Please, if you would, clarify your point regarding my position on FM 3-24 and General Mattis's critique of EBO.
I thought Mattis's piece was brilliant and spot-on. Clearly, he is one of our finest generals. One could argue that FM 3-24 has in fact become like the EBO that General Mattis critiques. In that FM 3-24 has come to be seen as a recipe for success if simply its precepts are followed. Moreover the precepts contained in it are narrowly defined in theory and history and produce a dogmatic approach to conceiving solutions to problems of coin throughout the world. Since FM 3-24 is essentially Galula on steroids and determines what the center of gravity is in ANY coin--the people and their protection--this in turn prescribes a derivative operational and tactical approach requiring large numbers of combat soldiers on the ground in effect doing nation-building. The similarity between EBO and FM 3-24 is that their end result is to remove friction, chance, and chaos from the nature of war.

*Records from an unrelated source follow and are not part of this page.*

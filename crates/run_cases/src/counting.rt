//! A gate that counts: before its turn of number N an actor has passed N times. Actors may wait there for others.

use cases::{Difference, Passes, Waits};
use journal::{Actor, Gate};
use std::alloc::{AllocError, Global};
use std::sync::atomic::{AtomicU64, Ordering};
use std::thread::yield_now;
use top_call::CONTROLLERS;

/// The most switches of a scenario.
const SWITCHES: usize = 64;

/// How often one looks whether another has passed.
const LOOKS: u64 = 1_000_000_000;

/// What stands for the count of an actor that passed before a turn that is not its next.
const SPOILED: u64 = u64::MAX;

/// How often an actor passed.
#[derive(Drop)]
struct Counter {
    count: AtomicU64,
}

impl Counter {
    fn new() -> Counter {
        Counter {
            count: AtomicU64::new(0),
        }
    }

    /// It passes before its turn of this number.
    fn pass(&self, turn: u64) {
        let next = if self.count.load(Ordering::SeqCst) == turn {
            turn.saturating_add(1)
        } else {
            SPOILED
        };
        self.count.store(next, Ordering::SeqCst);
    }

    /// Looks until it has passed before its turn of this number.
    fn await_pass(&self, turn: u64) {
        for _ in 0..LOOKS {
            if self.count.load(Ordering::SeqCst) > turn {
                return;
            }
            yield_now();
        }
    }

    /// How often it passed, if each time before its next turn.
    fn passed(&self) -> Option<u64> {
        match self.count.load(Ordering::SeqCst) {
            SPOILED => None,
            count => Some(count),
        }
    }
}

/// Counters for so many actors.
fn counters(alloc: Global, count: usize) -> Result<Vec<Counter>, AllocError> {
    let mut counters = Vec::with_capacity(alloc, count)?;
    for _ in 0..count {
        counters.push(Counter::new())?;
    }
    Ok(counters)
}

/// A gate that counts the passes of each actor.
#[derive(Drop)]
pub struct CountingGate<'a> {
    controllers: Vec<Counter>,
    switches: Vec<Counter>,
    waits: &'a [Waits],
}

impl<'a> CountingGate<'a> {
    /// One that nobody has passed, at which these actors wait.
    pub fn new(alloc: Global, waits: &'a [Waits]) -> Result<CountingGate<'a>, AllocError> {
        Ok(CountingGate {
            controllers: counters(alloc, CONTROLLERS)?,
            switches: counters(alloc, SWITCHES)?,
            waits,
        })
    }

    fn counter(&self, actor: Actor) -> Option<&Counter> {
        match actor {
            Actor::Controller(number) => self.controllers.get(usize::from(number)),
            Actor::Switch(number) => self.switches.get(usize::from(number)),
        }
    }

    /// Lets an actor wait for those for which it is to wait.
    fn hold(&self, actor: Actor) {
        for wait in self.waits {
            if wait.actor == actor
                && let Some(other) = self.counter(wait.other)
            {
                other.await_pass(wait.turn);
            }
        }
    }

    /// Each of these actors has passed so often, each time before its next turn.
    pub fn check(&self, wanted: &[Passes]) -> Result<(), Difference> {
        for passes in wanted {
            let found = self.counter(passes.actor).and_then(Counter::passed);
            if found != Some(passes.count) {
                return Err(Difference::Passes {
                    actor: passes.actor,
                    found,
                    wanted: passes.count,
                });
            }
        }
        Ok(())
    }
}

impl Gate for CountingGate<'_> {
    fn pass(&self, actor: Actor, turn: u64) {
        if turn == 0 {
            self.hold(actor);
        }
        if let Some(counter) = self.counter(actor) {
            counter.pass(turn);
        }
    }
}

On a different point, thanks to DocIrack for being one of the few who recently returned from an Iraq visit for providing candid and critical assessments of what he saw on the ground.
gg
For those who aren't taken to killing the messenger with gobs of "ad-hominem", you might read a post at Juan Cole's about another one, Colin Kahl, that recently returned from Iraq.
Mr. Gentile:
1) I predicted that you would concur with General Mattis's critique.

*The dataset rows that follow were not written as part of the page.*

//! The play of a case, in each way that it asks for.
ghost use Rattle.std.specs.Prelude.{◌<◌};

use crate::counting::CountingGate;
use crate::serving::{PLAIN, Way, serve, serve_at};
use cases::{Answer, Call, Case, Difference, words_of};
use of_types::Octets;
use std::alloc::Global;
use std::sync::Wait;
use std::thread::Threads;

/// What a call writes whose source failed, and its status.
const UNREAD: &[u8] = b"fault 4 read\n";

const UNREAD_STATUS: u8 = 4;

/// The status of a call whose sink failed.
const UNWRITTEN_STATUS: u8 = 5;

/// The status of a run that ended since too few controllers took part.
const NO_QUORUM_STATUS: u8 = 7;

/// What the audit of a report without a fault writes.
const SAME: &[u8] = b"same\n";

/// Plays it, and tells the first thing that differs. A report that a call without a fault wrote is audited.
pub fn play<R: Threads + Wait + Sync>(
    rt: &R,
    alloc: Global,
    case: &Case,
) -> Result<(), Difference> {
    let gate = CountingGate::new(alloc, &case.waits)?;
    let answer = serve_at(rt, alloc, &gate, &case.call, PLAIN)?;
    case.wanted.check(alloc, &answer)?;
    gate.check(&case.passes)?;
    if answer.status == 0 && (case.call.is_sim() || case.call.is_run()) {
        check_audit(rt, alloc, answer.written.as_slice())?;
    }
    if answer.status == 0 && case.call.is_sim() {
        check_apart(rt, alloc, case)?;
    }
    check_lists(rt, alloc, case, &answer)?;
    for most in &case.pieces {
        check_pieces(rt, alloc, case, (*most).max(1), &answer)?;
    }
    Ok(())
}

fn check_lists<R: Threads + Wait + Sync>(
    rt: &R,
    alloc: Global,
    case: &Case,
    answer: &Answer,
) -> Result<(), Difference> {
    let Some(from) = case.lists else {
        return Ok(());
    };
    let in_lists = Way {
        lists: from,
        ..PLAIN
    };
    if serve(rt, alloc, &case.call, in_lists)?.is_same(answer) {
        Ok(())
    } else {
        Err(Difference::Lists { from })
    }
}

/// Reads and writes of so many bytes, first with none that fails, and then with each of them failing once. The last read
/// is the one that finds nothing left.
fn check_pieces<R: Threads + Wait + Sync>(
    rt: &R,
    alloc: Global,
    case: &Case,
    most: usize,
    answer: &Answer,
) -> Result<(), Difference>
    requires { 0 < most }
{
    if !serve(rt, alloc, &case.call, Way { most, ..PLAIN })?.is_same(answer) {
        return Err(Difference::Pieces { most });
    }
    for number in 0..=case.call.input.len().div_ceil(most) {
        check_failing_read(rt, alloc, case, most, number)?;
    }
    for number in 0..answer.written.len().div_ceil(most) {
        check_failing_write(rt, alloc, case, most, number, answer.written.as_slice())?;
    }
    Ok(())
}

fn check_failing_read<R: Threads + Wait + Sync>(
    rt: &R,
    alloc: Global,
    case: &Case,
    most: usize,
    number: usize,
) -> Result<(), Difference> {
    let way = Way {
        most,
        failing_read: Some(number as u64),
        ..PLAIN
    };
    let answer = serve(rt, alloc, &case.call, way)?;
    if answer.status == UNREAD_STATUS && answer.written.as_slice() == UNREAD {
        Ok(())
    } else {
        Err(Difference::FailingRead { most, number })
    }
}

/// What was taken is a front of the whole.
fn check_failing_write<R: Threads + Wait + Sync>(
    rt: &R,
    alloc: Global,
    case: &Case,
    most: usize,
    number: usize,
    whole: &[u8],
) -> Result<(), Difference> {
    let way = Way {
        most,
        failing_write: Some(number as u64),
        ..PLAIN
    };
    let answer = serve(rt, alloc, &case.call, way)?;
    let taken = answer.written.as_slice();
    if answer.status == UNWRITTEN_STATUS
        && whole.starts_with(taken)
        && taken.len() <= most.saturating_mul(number)
    {
        Ok(())
    } else {
        Err(Difference::FailingWrite { most, number })
    }
}

/// Plays its scenario with a thread for each actor, and audits the report. The threads come in any order, so the report may be
/// another one; and where more controllers crash than may, the run may end otherwise.
fn check_apart<R: Threads + Wait + Sync>(
    rt: &R,
    alloc: Global,
    case: &Case,
) -> Result<(), Difference> {
    let apart = Call {
        words: words_of(alloc, "run")?,
        input: Octets::from_slice(alloc, case.call.input.as_slice())?,
        saves: Vec::new(alloc),
    };
    let answer = serve(rt, alloc, &apart, PLAIN)?;
    match answer.status {
        0 => check_audit(rt, alloc, answer.written.as_slice()),
        NO_QUORUM_STATUS => Ok(()),
        status => Err(Difference::Status {
            found: status,
            wanted: 0,
        }),
    }
}

/// Audits what was written.
fn check_audit<R: Threads + Wait + Sync>(
    rt: &R,
    alloc: Global,
    written: &[u8],
) -> Result<(), Difference> {
    let audit = Call {
        words: words_of(alloc, "audit")?,
        input: Octets::from_slice(alloc, written)?,
        saves: Vec::new(alloc),
    };
    let answer = serve(rt, alloc, &audit, PLAIN)?;
    if answer.status == 0 && answer.written.as_slice() == SAME {
        Ok(())
    } else {
        Err(Difference::Audit)
    }
}
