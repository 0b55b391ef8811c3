//! The index: a line names a case that is kept in files, or a table of rows.

use crate::meeting::{meet_at_gate, meet_in_saves};
use crate::play::play;
use crate::refusals::go_on;
use cases::{Difference, Kind, Tally, name_of, read_case, read_row, read_text, shown};
use std::io;
use std::rt::Files;
use std::sync::Wait;
use std::thread::Threads;

/// The controllers that find no memory, one in each run, and the most events that such a one takes before.
const WANTING_CONTROLLERS: u8 = 5;

const MOST_EVENTS: u64 = 3;

/// What a line of an index names, and its path.
enum Entry<'a> {
    Case(Kind, &'a str),
    Rows(&'a str),
    MeetAtGate(&'a str),
    MeetInSaves(&'a str),
    Refusals(&'a str),
}

impl<'a> Entry<'a> {
    fn of(line: &'a str) -> Option<Entry<'a>> {
        match line.split_once(' ')? {
            ("sim", path) => Some(Entry::Case(Kind::Sim, path)),
            ("saves", path) => Some(Entry::Case(Kind::Saves, path)),
            ("audit", path) => Some(Entry::Case(Kind::Audit, path)),
            ("rows", path) => Some(Entry::Rows(path)),
            ("gate", path) => Some(Entry::MeetAtGate(path)),
            ("save", path) => Some(Entry::MeetInSaves(path)),
            ("refusals", path) => Some(Entry::Refusals(path)),
            _ => None,
        }
    }
}

/// Plays all that an index names.
pub fn play_index<R: Files + AllocGlobal + Print + Threads + Wait + Sync>(
    rt: &R,
    path: &str,
    tally: &mut Tally,
) -> io::Result<()> {
    let text = match read_text(rt, path) {
        Ok(text) => text,
        Err(difference) => return tally.count(rt, path, Err(difference)),
    };
    let mut number = 0usize;
    for line in text.lines() {
        number = number.saturating_add(1);
        match Entry::of(line) {
            Some(Entry::Case(kind, path)) => tally.count(rt, path, play_case(rt, kind, path))?,
            Some(Entry::Rows(path)) => play_table(rt, path, tally)?,
            Some(Entry::MeetAtGate(path)) => tally.count(rt, path, play_at_gate(rt, path))?,
            Some(Entry::MeetInSaves(path)) => tally.count(rt, path, play_in_saves(rt, path))?,
            Some(Entry::Refusals(path)) => play_refusals(rt, path, tally)?,
            None => {
                let line = shown(rt.alloc(), Some(line))?;
                tally.count(rt, path, Err(Difference::Grammar { number, line }))?;
            }
        }
    }
    Ok(())
}

fn play_case<R: Files + AllocGlobal + Threads + Wait + Sync>(
    rt: &R,
    kind: Kind,
    path: &str,
) -> Result<(), Difference> {
    play(rt, rt.alloc(), &read_case(rt, kind, path)?)
}

fn play_row<R: Files + AllocGlobal + Threads + Wait + Sync>(
    rt: &R,
    block: &str,
    before: usize,
) -> Result<(), Difference> {
    play(rt, rt.alloc(), &read_row(rt, block, before)?)
}

fn play_at_gate<R: Files + AllocGlobal + Threads + Wait + Sync>(
    rt: &R,
    path: &str,
) -> Result<(), Difference> {
    let scenario = read_text(rt, path)?;
    meet_at_gate(rt, rt.alloc(), scenario.as_bytes())
}

fn play_in_saves<R: Files + AllocGlobal + Threads + Wait + Sync>(
    rt: &R,
    path: &str,
) -> Result<(), Difference> {
    let scenario = read_text(rt, path)?;
    meet_in_saves(rt, rt.alloc(), scenario.as_bytes())
}

/// Plays the rows of a table, which are parted by one empty line.
fn play_table<R: Files + AllocGlobal + Print + Threads + Wait + Sync>(
    rt: &R,
    path: &str,
    tally: &mut Tally,
) -> io::Result<()> {
    let text = match read_text(rt, path) {
        Ok(text) => text,
        Err(difference) => return tally.count(rt, path, Err(difference)),
    };
    let mut before = 0usize;
    for block in text.split("\n\n") {
        tally.count(rt, name_of(block, path), play_row(rt, block, before))?;
        before = before
            .saturating_add(block.lines().count())
            .saturating_add(1);
    }
    Ok(())
}

/// Plays a scenario of five controllers behind each refusal.
fn play_refusals<R: Files + AllocGlobal + Print>(
    rt: &R,
    path: &str,
    tally: &mut Tally,
) -> io::Result<()> {
    for controller in 0..WANTING_CONTROLLERS {
        for events in 0..=MOST_EVENTS {
            tally.count(rt, path, play_refused(rt, path, controller, events))?;
        }
    }
    Ok(())
}

fn play_refused<R: Files + AllocGlobal>(
    rt: &R,
    path: &str,
    controller: u8,
    events: u64,
) -> Result<(), Difference> {
    let scenario = read_text(rt, path)?;
    go_on(rt.alloc(), scenario.as_bytes(), controller, events)
}
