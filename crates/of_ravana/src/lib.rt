//! The messages of Ravana's extension of OpenFlow 1.3 as bytes, and the one way in which a controller
//! and a switch write what they say.
#![tactic(auto)]

mod fitting;
mod reading;
mod writing;

pub use fitting::{extension_fits, happening_fits};
pub use reading::{decode_extension, extension_law};
pub use writing::{
    canonical, canonical_happening, canonical_order, encode_extension, happening_len,
    put_happening, put_spoken,
};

2) The nature of the debate - to me - illustrates the difficulty militaries have in defining their interests and doctrine, or changing it. The US military published FM 3-24, and you among others have criticized it. The US chose to adopt and discard EBO, and the latter action required the action of a 4-star.

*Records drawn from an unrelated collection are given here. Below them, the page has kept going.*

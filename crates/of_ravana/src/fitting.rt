//! What the types of the extension's messages say of their numbers.
ghost use Rattle.of_messages.specs.Fits.{FitsPlain};
ghost use Rattle.of_ravana.specs.Canonical.{happening_message, order_message};
ghost use Rattle.of_ravana.specs.Fits.{FitsOutcome, FitsExtension};

use of_bytes::{u16_fits, u32_fits, u64_fits};
use of_messages::{
    flow_mod_fits, flow_removed_fits, packet_in_fits, packet_out_fits, port_status_fits,
};
use of_types::{Extension, Happening, Order, Outcome};

/// Each number of an event's message fits its field.
pub fn happening_fits(what: &Happening)
    ensures { FitsPlain (happening_message what.now) }
{
    match what {
        Happening::PacketIn(packet) => packet_in_fits(packet),
        Happening::FlowRemoved(removed) => flow_removed_fits(removed.get()),
        Happening::PortStatus(status) => port_status_fits(*status),
    }
}

fn order_fits(what: &Order)
    ensures { FitsPlain (order_message what.now) }
{
    match what {
        Order::FlowMod(change) => flow_mod_fits(change.get()),
        Order::PacketOut(packet) => packet_out_fits(packet),
    }
}

fn outcome_fits(outcome: Outcome)
    ensures { FitsOutcome outcome }
{
    match outcome {
        Outcome::Failed { kind, code } => {
            u16_fits(kind);
            u16_fits(code);
        }
        Outcome::Done | Outcome::Cleared => {}
    }
}

/// Each number fits its field.
pub fn extension_fits(said: &Extension)
    ensures { FitsExtension said.now }
{
    match said {
        Extension::Event { life, number, what } => {
            u32_fits(*life);
            u64_fits(*number);
            happening_fits(what);
        }
        Extension::Command {
            life,
            generation,
            number,
            settled,
            order,
        } => {
            u32_fits(*life);
            u64_fits(*generation);
            u64_fits(*number);
            u64_fits(*settled);
            order_fits(order);
        }
        Extension::CmdAck {
            life,
            number,
            outcome,
        } => {
            u32_fits(*life);
            u64_fits(*number);
            outcome_fits(*outcome);
        }
        Extension::EventAck { life, through } | Extension::Clear { life, through } => {
            u32_fits(*life);
            u64_fits(*through);
        }
    }
}
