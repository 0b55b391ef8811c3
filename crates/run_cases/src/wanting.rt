//! Applications that find no memory once.
ghost use Rattle.std.specs.Prelude.{◌≡◌, ◌∷◌, [], length, IfOk, OnOk};
ghost use Rattle.app_core.specs.Chain.{learning};
ghost use Rattle.group_controller.specs.Turns.{AreAlike};
ghost use Rattle.world.specs.World.{AreStocked, IsStocked};

use app_chain::ChainOf;
use app_core::App;
use learning_app::Learning;
use of_types::{Commands, Event, LAST_LIFE, Setup};
use std::alloc::{AllocError, Global};

/// An application that learns. It takes so many events, and finds no memory for the next one, if so many are told.
#[derive(Drop)]
pub struct Wanting {
    pub chain: ChainOf<Learning>,
    pub events: Option<u64>,
}

impl App for Wanting {
    ghost law = { record {
      kinds = λ w. ⟦<ChainOf<Learning> as App>⟧.law.kinds w.chain;
      states = λ w. ⟦<ChainOf<Learning> as App>⟧.law.states w.chain;
      suits = λ w. ⟦<ChainOf<Learning> as App>⟧.law.suits w.chain;
    } };

    fn start(&mut self, alloc: Global, setup: &Setup) -> Result<(), AllocError> {
        self.chain.start(alloc, setup)
    }

    fn react(&mut self, alloc: Global, event: &Event) -> Result<Commands, AllocError> {
        match self.events {
            Some(0) => return Err(AllocError),
            Some(events) => self.events = Some(events - 1),
            None => {}
        }
        self.chain.react(alloc, event)
    }
}

/// One that takes so many events.
#[tactic(auto, unfolding(app_core::specs::Chain::rule_of))]
pub fn app_of(alloc: Global, events: Option<u64>) -> Result<Wanting, AllocError>
    ensures { IfOk result (λ w. ⟦<Wanting as App>⟧.law.kinds w ≡ learning ∷ []) }
{
    let mut parts = Vec::with_capacity(alloc, 1)?;
    parts.push(Learning::new(alloc))?;
    Ok(Wanting {
        chain: ChainOf::new(parts),
        events,
    })
}

/// The applications of the lives of one controller. That of its first life takes so many events.
#[tactic(auto, unfolding(app_core::specs::Chain::rule_of))]
fn shelf_of(alloc: Global, events: Option<u64>) -> Result<Vec<Wanting>, AllocError>
    ensures { IfOk result (λ shelf. IsStocked ⟦<Wanting as App>⟧.law (learning ∷ []) shelf.items) }
{
    let mut shelf = Vec::new(alloc);
    shelf.push(app_of(alloc, events)?)?;
    'lives: for _ in 0..LAST_LIFE {
        shelf.push(app_of(alloc, None)?)?;
    }
    Ok(shelf)
}

/// Those of the controllers of a group, one of which takes so many events in its first life.
pub fn shelves_of(
    alloc: Global,
    controllers: u8,
    controller: u8,
    events: u64,
) -> Result<Vec<Vec<Wanting>>, AllocError>
    ensures count { IfOk result (λ shelves. length shelves.items ≡ controllers) }
    ensures stocked { IfOk result (λ shelves. AreStocked ⟦<Wanting as App>⟧.law (learning ∷ []) shelves.items) }
{
    let mut shelves = Vec::new(alloc);
    'controllers: for number in 0..controllers {
        let events = if number == controller {
            Some(events)
        } else {
            None
        };
        shelves.push(shelf_of(alloc, events)?)?;
    }
    Ok(shelves)
}
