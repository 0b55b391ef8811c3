//! The program: plays the cases that an index names, each a call of the whole program with its ends in memory, and tells
//! those that differ.
#![tactic(auto)]

mod counting;
mod index;
mod meeting;
mod play;
mod refusals;
mod serving;
mod wanting;

use crate::index::play_index;
use cases::Tally;
use std::process::ExitCode;
use std::{env, io};

/// Plays the index that each word names, and tells whether all is as it is to be.
fn main(rt: HostRuntime) -> io::Result<ExitCode> {
    let mut tally = Tally::new();
    for path in env::args(&rt)?.skip(1) {
        play_index(&rt, path.as_str(), &mut tally)?;
    }
    tally.print(&rt)?;
    if tally.is_sound() {
        Ok(ExitCode::SUCCESS)
    } else {
        Ok(ExitCode::FAILURE)
    }
}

3) I suppose I am contradicting myself to a degree (hence any confusion?). On the one hand, I am noting the argument that militaries have large, a priori interests (thus the string of quotations I rattled off). On the other hand, I am noting that militaries' conceptions of how to fight can and do become contested (by you with respect to FM 3-24, and by Mattis with respect to EBO), and that your participation on this blog is part of this process of contestation.
Hopefully I'm making more sense now. Am I?
Regards
Anon 1:14 AM
Isn't this GG's money quote?
The similarity between EBO and FM 3-24 is that their end result is to remove friction, chance, and chaos from the nature of war.
As a bureaucracy, wouldn't this be on e of the military's overarching priorities--to remove chance and the requirement for improvisation, and replace it with a one-size-fits-all paradigm and accompanying set of procedures that can be fed bottom-down, keeping a neat chain of command, allowing for standardized metrics of success and failure, standardized forms for noting these metrics, etc.
Heck, I meant "top-down," not "bottom-down." I really have to start using the Preview feature.